== Prompt ==
Transcribe exactly the lines from the one containing "31 → word_offset" through the end of the entries, including both the first and the last, and nothing else.

Data provided Start Marker

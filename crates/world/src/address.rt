//! The words of elements' values: which slot of which map a word lies in, and where there.
ghost use Rattle.std.specs.Prelude.{◌≡◌, ℕ, ◌+◌, ◌^◌, ◌<◌, pos, ◌+ℤ◌};
ghost use Rattle.bpf_model.specs.declared.limits.TheConstants.{MAX_MAPS, MAX_ENTRIES, MAX_SPARE};
ghost use Rattle.bpf_model.specs.Word.{slot_base};
ghost use Rattle.model_laws.specs.Locations.{InSlot};
ghost use Rattle.world_laws.specs.Locating.{location_of, word_offset, word_region};
ghost use Rattle.world.specs.Elements.{IsInSlot};

use bpf_model::{MAX_ENTRIES, MAX_SPARE, NEAR_LIMIT};
use machine::{SLOT_BASE, SPAN};

/// So many map slots are kept for each map, each a region of its own.
const MAP_SLOTS: usize = MAX_ENTRIES + MAX_SPARE;

/// A map slot, and the number of its map.
#[derive(Clone, Copy)]
pub(crate) struct MapSlot {
    pub(crate) map: usize,
    pub(crate) slot: usize,
}

/// The word of the first byte of a map slot.
#[inline]
pub(crate) fn slot_word(map: usize, slot: usize) -> u64
    requires map { map < MAX_MAPS }
    requires slot { slot < MAX_ENTRIES + MAX_SPARE }
    ensures { result ≡ slot_base map slot }
{
    SLOT_BASE + (MAP_SLOTS * map + slot) as u64 * SPAN
}

/// The number of the region near whose first byte a word lies.
#[inline]
fn region_of(word: u64) -> u64
    ensures { result ≡ word_region word }
{
    word / SPAN + (word % SPAN + NEAR_LIMIT) / SPAN
}

/// The map slot that a word lies in.
#[inline]
pub(crate) fn map_slot_of(word: u64) -> MapSlot
    requires { IsInSlot (location_of word) }
    ensures { location_of word ≡ InSlot result.map result.slot (word_offset word) }
{
    let number = (region_of(word) - SLOT_BASE / SPAN) as usize;
    MapSlot {
        map: number / MAP_SLOTS,
        slot: number % MAP_SLOTS,
    }
}

/// An offset from a word, counted from the first byte of its region.
#[inline]
pub(crate) fn offset_in(word: u64, offset: i16) -> usize
    ensures { (at : ℕ) → at < 2 ^ 31 → word_offset word +ℤ offset ≡ pos at → result ≡ at }
{
    let moved = word.wrapping_add(i64::from(offset).cast_unsigned());
    (moved % SPAN) as usize
}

Data provided End Marker

== Exercise response ==
    ensures { (at : ℕ) → at < 2 ^ 31 → word_offset word +ℤ offset ≡ pos at → result ≡ at }
{
    let moved = word.wrapping_add(i64::from(offset).cast_unsigned());
    (moved % SPAN) as usize
}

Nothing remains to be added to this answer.